The Court did not recognize the inherent discrimination of a Cyber crime victim against a commercial entity in arriving at this decision and showed that the Court has less appreciation of the problems of cyber crime victims as compared to the profitability concerns of a Commercial Bank. The decision of the High Court suggesting the cyber crime victim to approach the Cyber Appellate Tribunal has to be seen in the context of the Tribunal not being in operation since June 2011 since the Chair person has not been appointed by the Kapil Sibal’s department in the center.
d) In the process, Axis Bank has been able to use the law to its advantage defering even a judicial review of the complaint which claims a compensation from the bank for money lost by a customer due to the failure of security in the Banking system and possible connivance of Bankers in robbing the customer.
e) Thus both the Adjudicator of Karnataka who is also an official of the Government of Karnataka as well as the High Court of Karnataka are unresponsive to the plight of Cyber Crime victims.
f) Though the matter has been brought to the notice of the Chief Justice of India formally and informally, there has been no suo-moto corrective action
In the background of these developments, the undersigned has now asked the Chief Minister to refer the legal issue namely “Whether the term PERSON used in Section 43 should be restricted to mean only an individual and not a corporate entity” to the Chief Justice along with an enquiry on whether there was any vested interests behind the decision.
I would like to point out that if Section 43 is restricted to “individuals” as what the Adjudicator appear to believe, then all cyber crimes under Section 66 will also be restricted to individuals. hence no company can either commit a cyber crime under Section 66 nor any complaint can be made by a company under section 66. Additionally, if this interpretation of “Person” means an “individual” is extended to other sections in ITA 2008, there will be chaos in the cyber judicial system.

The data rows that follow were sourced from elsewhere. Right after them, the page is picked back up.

use crate::outline_clause::{OutlineClause, OutlineGoal};
use aq_term::memory::Memory;
use std::alloc::Global;

/// How a variable is used in the clause that is counted.
#[derive(Clone, Copy)]
struct VariableUse {
    /// The round of the clause, or an earlier one where the variable is not in this clause.
    round: u64,
    /// Whether it is an argument of the head.
    in_head: bool,
    /// In how many goals it stands, up to 2.
    goals: u8,
    /// The number of the last goal in which it stands.
    goal: usize,
    /// The number of the first chunk in which it stands.
    chunk: usize,
    /// Whether it needs a slot besides one for an argument of the head.
    kept: bool,
}

const UNUSED: VariableUse = VariableUse {
    round: 0,
    in_head: false,
    goals: 0,
    goal: 0,
    chunk: 0,
    kept: false,
};

/// The uses of the variables of one clause after the other.
#[derive(Drop)]
pub struct VariableUses {
    uses: Vec<VariableUse>,
    round: u64,
}

/// How many variables and slots a clause has.
#[derive(Clone, Copy, Debug)]
pub struct VariableCounts {
    pub variables: u64,
    pub slots: u64,
}

impl VariableUses {
    /// For variables below `variables`.
    pub fn new(alloc: Global, variables: usize) -> Result<VariableUses, Memory> {
        Ok(VariableUses {
            uses: vec![in alloc; UNUSED; variables]?,
            round: 0,
        })
    }

    /// Counts the variables and the slots of a clause. A clause that calls no predicate has no slots. Another one has a slot for each
    /// argument of its head; one for each variable that is an argument of a call, stands in two chunks, or stands in T of a goal
    /// `X = T`, X being an argument of the head that stands in no other goal; one for its depth and one for its barrier, where it
    /// uses them. A chunk is the goals up to a call, and with it.
    pub fn count(&mut self, clause: &OutlineClause) -> VariableCounts {
        self.round = self.round.saturating_add(1);
        let mut variables = self.note_head(clause);
        let mut kept = 0u64;
        let mut chunk = 0;
        for (number, goal) in clause.goals.as_slice().iter().enumerate() {
            for variable in clause.variables_of(goal) {
                let noted = self.note(*variable, number, chunk, goal.calls);
                variables = variables.saturating_add(noted.variables);
                kept = kept.saturating_add(noted.slots);
            }
            if goal.calls {
                chunk = number + 1;
            }
        }
        for goal in clause.goals.as_slice() {
            kept = kept.saturating_add(self.keep_unified(clause, goal));
        }
        VariableCounts {
            variables,
            slots: slots_of(clause, chunk, kept),
        }
    }

    /// Notes the arguments of the head, and gives their number.
    fn note_head(&mut self, clause: &OutlineClause) -> u64 {
        let round = self.round;
        for variable in clause.head.as_slice() {
            if let Some(used) = self.uses.get_mut(*variable as usize) {
                *used = VariableUse {
                    round,
                    in_head: true,
                    ..UNUSED
                };
            }
        }
        clause.head.len() as u64
    }

    /// Notes that a variable stands in a goal. The answer counts it where it is new, and its slot where it is now kept.
    fn note(&mut self, variable: u32, goal: usize, chunk: usize, calls: bool) -> VariableCounts {
        let round = self.round;
        let mut noted = VariableCounts {
            variables: 0,
            slots: 0,
        };
        let Some(used) = self.uses.get_mut(variable as usize) else {
            return noted;
        };
        if used.round != round {
            *used = VariableUse { round, ..UNUSED };
            noted.variables = 1;
        }
        if used.goals == 0 {
            used.goals = 1;
            used.goal = goal;
            used.chunk = chunk;
        } else if used.goal != goal {
            used.goals = 2;
            used.goal = goal;
        }
        if !used.kept && (calls || used.chunk != chunk) {
            used.kept = true;
            noted.slots = 1;
        }
        noted
    }

    /// The slots of the variables in T of a goal `X = T`, where X is an argument of the head that stands in no other goal.
    fn keep_unified(&mut self, clause: &OutlineClause, goal: &OutlineGoal) -> u64 {
        let Some(left) = goal.left else {
            return 0;
        };
        if !self.stands_once_in_head(left) {
            return 0;
        }
        let mut kept = 0u64;
        let mut of_term = false;
        for variable in clause.variables_of(goal) {
            if of_term {
                kept = kept.saturating_add(self.keep(*variable));
            }
            of_term = true;
        }
        kept
    }

    fn stands_once_in_head(&self, variable: u32) -> bool {
        match self.uses.get(variable as usize) {
            Some(used) => used.round == self.round && used.in_head && used.goals == 1,
            None => false,
        }
    }

    /// Keeps a variable, and gives 1 where it was not kept.
    fn keep(&mut self, variable: u32) -> u64 {
        match self.uses.get_mut(variable as usize) {
            Some(used) if !used.kept => {
                used.kept = true;
                1
            }
            _ => 0,
        }
    }
}

/// The slots of a clause whose last call ends before this chunk, with this number of variables that are kept.
fn slots_of(clause: &OutlineClause, chunk: usize, kept: u64) -> u64 {
    if chunk == 0 {
        return 0;
    }
    let head = clause.head.len() as u64;
    head.saturating_add(kept)
        .saturating_add(u64::from(clause.uses_depth))
        .saturating_add(u64::from(clause.uses_barrier))
}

I suppose those on whose laps the next level of decision lies namely the Chief Minister of Karnataka and the Chief Justice of Karnataka will remember the interlinking of Section 43 and Section 66 and how the continued validity of the erroneous order dated 27th December 2011 of the Adjudicator of Karnataka has made Karnataka a “Cyber Crime Heaven” where no cyber crime such as “Unauthorized Access”, “Unauthorized Downloading”, “Virus introduction”, “Damage of a computer”, “Denial of Service”, “Wrongful charging”,”Assisting contravention”, “diminishing value of information”,”Deleting source code” etc which are all part of Section 43/66 can be tried under ITA 2000/8.
Since Chief Minister Mr Siddaramaiah himself was once a law teacher, he must be able to appreciate the legal issue involved here without the assistance of any body else. But will he have the political will to take up the issue and see it to the logical end?… only time will tell.